Monday, August 20, 2012


One of the unique provisions in the Federal Acquisition Regulation (FAR) termination clauses (with the exception of the commercial item clause) is the "adjustment for loss" provision.  FAR 49.203 sets forth that:
(a)  In the negotiation or determination of any settlement, the TCO shall not allow profit if it appears that the contractor would have incurred a loss had the entire contract been completed.  The TCO shall negotiate or determine the amount of loss and make an adjustment in the amount of settlement as specified in paragraph (b) or (c) below . . . .
The contractor faces two dilemmas where the government asserts that it would have suffered a loss had the contract been completed.  First, the contractor is denied a profit on the costs incurred prior to termination.  Second, the contractor will not even recover all of its costs, but instead the contractor will be forced to bear its portion of the loss.  The philosophy behind this adjustment is that no contractor should be in a better position than it would have been had the contract been completed.

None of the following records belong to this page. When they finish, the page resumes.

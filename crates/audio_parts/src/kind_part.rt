//! Parts of a kind: what their terms tell, and how their files stay over calls. A part of any kind is one.

ghost use Rattle.std.specs.Prelude.{◌≡◌, true, length, is_some};
ghost use Rattle.omx_types.specs.declared.fault.PartFault.{PartFault as Fault};
ghost use Rattle.part_api.specs.Streams.{Incoming};
ghost use Rattle.part_forms.specs.Kinds.{is_source};
ghost use Rattle.part_forms.specs.Shapes.{shape_of};
ghost use Rattle.part_forms.specs.Sinking.{writes_of};
ghost use Rattle.audio_parts.specs.AnyParts.{held_of};
ghost use Rattle.audio_parts.specs.FileTerms.{IsOfKind, IsOfTerms};
ghost use Rattle.audio_parts.specs.ObjectLaws.{object_further, object_itself, shows_earlier, shows_later};
ghost use Rattle.audio_parts.specs.Ready.{IsReady};

use crate::any_part::AnyPart;
use outside_io::{Sink, Source};
use part_api::Part;

/// A part of a component of some kind: its terms say what it does, what it does with its file, and which faults it may have.
pub trait KindPart: Part {
    /// How many inputs it has.
    fn inputs(&self) -> u32
        ensures { result ≡ (Self.shape self.now).inputs };

    /// The bytes of a frame of an input.
    fn input_frame(&self) -> usize
        ensures { result ≡ (Self.shape self.now).input_frame };

    /// The bytes of a frame of an output.
    fn output_frame(&self) -> usize
        ensures { result ≡ (Self.shape self.now).output_frame };

    /// The frames of its file that a source hasn't given yet.
    fn frames_left(&self) -> Option<u64>
        ensures value { result ≡ Self.left self.now }
        ensures some { is_some result ≡ is_source (Self.terms self.now).kind };

    /// What is told by its terms. The call does nothing.
    fn is_by_terms(&self)
        ensures shape { Self.shape self.now ≡ shape_of (Self.terms self.now) }
        ensures ready { Self.is_ready self.now → IsReady (Self.terms self.now) (Self.failed self.now) }
        ensures writing { IsOfTerms (Self.terms self.now) (Self.writing self.now) }
        ensures writes { (part : Self) (incoming : Incoming) → Self.writes part incoming ≡ writes_of (Self.writing part) (incoming.input 0) }
        ensures reads { (incoming : Incoming) → is_source (Self.terms self.now).kind ≡ true → Self.carries self.now incoming → length incoming.file ≡ (Self.sizes self.now).output }
        ensures faults { (after : Self) (fault : Fault) → Self.has_cause self.now after fault → IsOfKind (Self.terms self.now).kind fault };

    /// The object of its file stays where nothing is done.
    ghost itself: { (part : Self) → Self.keeps part part };

    /// It stays over two calls where it stays over each.
    ghost further: { (before mid after : Self) → Self.keeps before mid → Self.keeps mid after → Self.keeps before after };

    /// What a fault shows since some call it shows since an earlier one.
    ghost earlier: { (before mid after : Self) (fault : Fault) → Self.keeps before mid → Self.shows mid after fault → Self.shows before after fault };

    /// It shows the same after a later one.
    ghost later: { (before mid after : Self) (fault : Fault) → Self.shows before mid fault → Self.keeps mid after → Self.shows before after fault };
}

impl<S: Source, K: Sink> KindPart for AnyPart<S, K> {
    fn inputs(&self) -> u32 {
        match self {
            AnyPart::Source(_) => 0,
            AnyPart::Mixer(part) => part.inputs(),
            _ => 1,
        }
    }

    fn input_frame(&self) -> usize {
        match self {
            AnyPart::Source(_) => 0,
            AnyPart::Decoder(part) => part.input_frame(),
            AnyPart::Encoder(part) => part.input_frame(),
            AnyPart::Gain(part) => part.input_frame(),
            AnyPart::Mixer(part) => part.frame(),
            AnyPart::Splitter(part) => part.input_frame(),
            AnyPart::Sink(part) => part.frame(),
        }
    }

    fn output_frame(&self) -> usize {
        match self {
            AnyPart::Source(part) => part.frame(),
            AnyPart::Decoder(part) => part.output_frame(),
            AnyPart::Encoder(part) => part.output_frame(),
            AnyPart::Gain(part) => part.output_frame(),
            AnyPart::Mixer(part) => part.frame(),
            AnyPart::Splitter(part) => part.output_frame(),
            AnyPart::Sink(part) => part.frame(),
        }
    }

    fn frames_left(&self) -> Option<u64> {
        self.left()
    }

    fn is_by_terms(&self) {
        match self {
            AnyPart::Source(part) => part.reads_whole(),
            AnyPart::Decoder(_) => {}
            AnyPart::Encoder(_) => {}
            AnyPart::Gain(_) => {}
            AnyPart::Mixer(_) => {}
            AnyPart::Splitter(_) => {}
            AnyPart::Sink(_) => {}
        }
    }

    ghost itself = { λ part. object_itself S.name S.size S.told S.ends S.offset S.faults K.name K.faults (held_of part) };

    ghost further = { λ before mid after. object_further S.name S.size S.told S.ends S.offset S.faults K.name K.faults (held_of before) (held_of mid) (held_of after) };

    ghost earlier = { λ before mid after fault. shows_earlier S.name S.size S.told S.ends S.offset S.faults K.name K.faults fault (held_of before) (held_of mid) (held_of after) };

    ghost later = { λ before mid after fault. shows_later S.name S.size S.told S.ends S.offset S.faults K.name K.faults fault (held_of before) (held_of mid) (held_of after) };
}
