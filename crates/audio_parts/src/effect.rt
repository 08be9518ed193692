//! The effect of a part with one input: its sample widths, its formats, and what it makes of a piece.

ghost use Rattle.std.specs.Prelude.{◌≡◌, ℕ, ◌*◌, ◌≤◌, List, ◌++◌, length, ◌+◌, ◌<◌};
ghost use Rattle.part_api.specs.Terms.{Terms};
ghost use Rattle.audio_parts.specs.Kinds.{with_format};
ghost use Rattle.part_forms.specs.Manners.{Manner};

use omx_types::Format;

/// What a part with one input makes of it, for each of its outputs.
pub trait Effect: Drop {
    ghost manner: { Self → Manner };

    /// What the owner of its part set.
    ghost terms: { Self → Terms };

    /// The samples of a frame.
    fn channels(&self) -> u32
        ensures { result ≡ (manner self.now).channels };

    /// The bytes of a sample of the input.
    fn input_width(&self) -> usize
        ensures value { result ≡ (manner self.now).input_width }
        ensures small { result ≤ 2 };

    /// The bytes of a sample of an output.
    fn output_width(&self) -> usize
        ensures value { result ≡ (manner self.now).output_width }
        ensures small { result ≤ 2 };

    /// The effect on a piece of `count` samples.
    fn apply(&mut self, count: usize, from: &[u8], to: &mut [u8])
        requires few { count ≤ 4096 }
        requires whole { length from.now ≡ count * (manner self.old).input_width }
        requires room { length to.old ≡ count * (manner self.old).output_width }
        ensures value { to.new ≡ (manner self.old).effect from.now }
        ensures manner { manner self.new ≡ manner self.old }
        ensures terms { terms self.new ≡ terms self.old };

    /// Sets the format of a port.
    fn set_format(&mut self, port: u32, format: Format)
        requires { port < length (terms self.old).inputs + length (terms self.old).outputs }
        ensures { terms self.new ≡ with_format (terms self.old) port format };

    /// The effect on joined pieces of whole frames is the joined effect. The call does nothing.
    fn joins(&self)
        ensures { (frames : ℕ) (first second : List ℕ) → length first ≡ frames * ((manner self.now).channels * (manner self.now).input_width)
            → (manner self.now).effect (first ++ second) ≡ (manner self.now).effect first ++ (manner self.now).effect second };
}
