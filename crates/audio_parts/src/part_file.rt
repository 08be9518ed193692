//! A file for a part: a source with its format, or a sink, and how many frames are read or written.

use omx_types::Format;

/// A file for a part, and how many frames of it the part reads or writes.
#[derive(Drop)]
pub enum PartFile<S, K> {
    From { src: S, format: Format, frames: u64 },
    To { snk: K, frames: u64 },
}
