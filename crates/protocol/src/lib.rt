// 01 and 02: the plain data and the sizes that the definitions in specs/ and the code above share. There is no function.

#![tactic(auto)]

// A session's hold: a reply that is not decided has at most so many bytes (01; `undecided_261`).
pub const HOLD: usize = 261;

// The output that a start and a delivery over v5 must lend (F-4; `start_room`, `delivery_room`).
pub const OUTPUT_V5: usize = 778;

// The output that a start over v4 must lend (01; `start_room`).
pub const START_OUTPUT_V4: usize = 1024;

// The output that a delivery over v4 must lend (01; `delivery_room`).
pub const DELIVERY_OUTPUT_V4: usize = 262;

// The output that each call of the proxy's end must lend (F-3).
pub const PROXY_OUTPUT: usize = 262;

// The output that each call on a route must lend, for each of its proxies (F-5; `room_for`).
pub const ROUTE_OUTPUT: usize = 1024;

// How long a connect request and credentials may be (F-4; `Limits`).
pub const CONNECT: usize = 262;

pub const CREDENTIALS: usize = 513;

// What a session keeps of its requests: those of v5 have at most 778 bytes, the one of v4 1,024 (`Limits`).
pub const REQUESTS: usize = 1024;

// How long a name may be, over v5 and over v4 (01; `conditions5`, `conditions4`).
pub const NAME_V5: usize = 255;

pub const NAME_V4: usize = 1014;

// How long a user or a password may be (01; `conditions5`), and a user id over v4 (F-3).
pub const CREDENTIAL: usize = 255;

pub const USER_ID: usize = 255;

// How many proxies a route may have (F-5; `conditions`).
pub const PROXIES: usize = 8;

// What the proxies of a route keep of their requests.
pub const ROUTE_REQUESTS: usize = 8192;

// The longest text of an address and port: a name of 255 bytes, a colon and five digits (F-1; `bound_text`).
pub const ENDPOINT_TEXT: usize = 261;

// The version that a proxy speaks.
#[derive(Clone, Copy)]
pub enum Version {
    V4,
    V5,
}

// The methods of RFC 1928, section 3, that the client knows.
#[derive(Clone, Copy)]
pub enum AuthMethod {
    NoAuth,
    UserPass,
    NoneAcceptable,
}

#[derive(Clone, Copy)]
pub enum Family {
    Four,
    Six,
}

// An answer of a lookup. Family four uses the first four address bytes.
#[derive(Clone, Copy)]
pub struct Record {
    pub family: Family,
    pub address: [u8; 16],
}

// proxy_auth: with user and password. local_dns: names are looked up by the caller. optimistic: all requests go at the start.
#[derive(Clone, Copy)]
pub struct SocksConfig {
    pub proxy_auth: bool,
    pub local_dns: bool,
    pub optimistic: bool,
}

#[derive(Clone, Copy)]
pub enum AddressKind {
    Ipv4,
    Ipv6,
    Domain,
}

// An address and its port: a kind, the first bytes of an array, and the port. An Ipv4 has four bytes, an Ipv6 sixteen, a Domain `len`.
#[derive(Clone, Copy)]
pub struct Address {
    pub kind: AddressKind,
    pub len: u8,
    pub bytes: [u8; NAME_V5],
    pub port: u16,
}

// What an open session keeps of its bound address beside the address's bytes.
#[derive(Clone, Copy)]
pub struct Bound {
    pub kind: AddressKind,
    pub port: u16,
}

// Why a call was refused or a session failed. specs/Numbers.antt gives each its number and status.
#[derive(Clone, Copy)]
pub enum SocksError {
    ShortOutput,
    MissingHost,
    HostByte,
    MissingPort,
    CredentialTooLong,
    HostTooLong,
    IpV6,
    DnsFailure,
    UnexpectedEof,
    Parsing,
    Unsupported,
    MethodMismatch,
    Failed,
    Command(u8),
    Settled,
    NotOpen,
    ShortText,
    Malformed,
    WrongCredentials,
    RouteLength,
    OutOfOrder,
    AnnouncesName,
    BadLine,
    CaptureCut,
    CaptureNotAccepted,
    ShortStream,
}

// The reply that a session waits for. A NegotiationRes answers the method that was sent.
#[derive(Clone, Copy)]
pub enum Reply {
    NegotiationRes(AuthMethod),
    AuthenticationRes,
    ProxyRes,
    Response,
}

#[derive(Clone, Copy)]
pub enum Outcome {
    Waiting,
    Open,
    Failed(SocksError),
}

// How far a UTF-8 text has been read (RFC 3629, section 4): between characters, before one to three tails,
// behind E0, ED, F0 or F4, or past what no text has.
#[derive(Clone, Copy)]
pub enum Utf8State {
    Boundary,
    Tail1,
    Tail2,
    Tail3,
    AfterE0,
    AfterEd,
    AfterF0,
    AfterF4,
    Invalid,
}

// Digits at the start of a text: how many, and their value.
#[derive(Clone, Copy)]
pub struct Digits {
    pub count: usize,
    pub value: usize,
}

// What follows the digits of a group of IPv6 text.
#[derive(Clone, Copy)]
pub enum Follows {
    Bad,
    End,
    Dot,
    Colons,
    Colon,
}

If the termination settlement is on a total cost basis, the total costs incurred on the contract are reduced by the percentage equal to the loss it would have realized on full completion.  If the settlement is on an inventory basis, the loss percentage is applied only against the costs incurred on the terminated portion of the contract, exclusive of costs allocable to completed end items accepted by the government.

A contractor should remember the following points where the government attempts to apply the adjustment for loss formula:

  1. The government bears the burden of proving that the contractor would have suffered a loss if the contract were completed.  Often, the government has a difficult time proving the loss would have occurred.
  2. The government must act in good faith when making the loss determination.  A coerced settlement may not be upheld.
  3. Where the government is responsible for the cost increase, the adjustment for loss formula will not apply.
  4. The formula also does not apply where the contractor would have been excused from performing the contract because of the impossibility of performance.
  5. The adjustment for loss should not apply where the contractor is entitled to an equitable adjustment in contract price which would take the contract out of a loss position.
In several of the above numbered instances, the importance of the changes clause becomes magnified.  The various theories and principles which normally entitle the contractor to an equitable adjustment will also provide the basis for the contractor to prevent the government's successful implementation of the adjustment for loss formula.

It also is important for the contractor to keep in mind that the termination settlement may be limited by the total contract price.  If the contractor's costs exceed that price, the contractor must consider the changes clause as a means to increase the price so as to avoid the application of the price ceiling.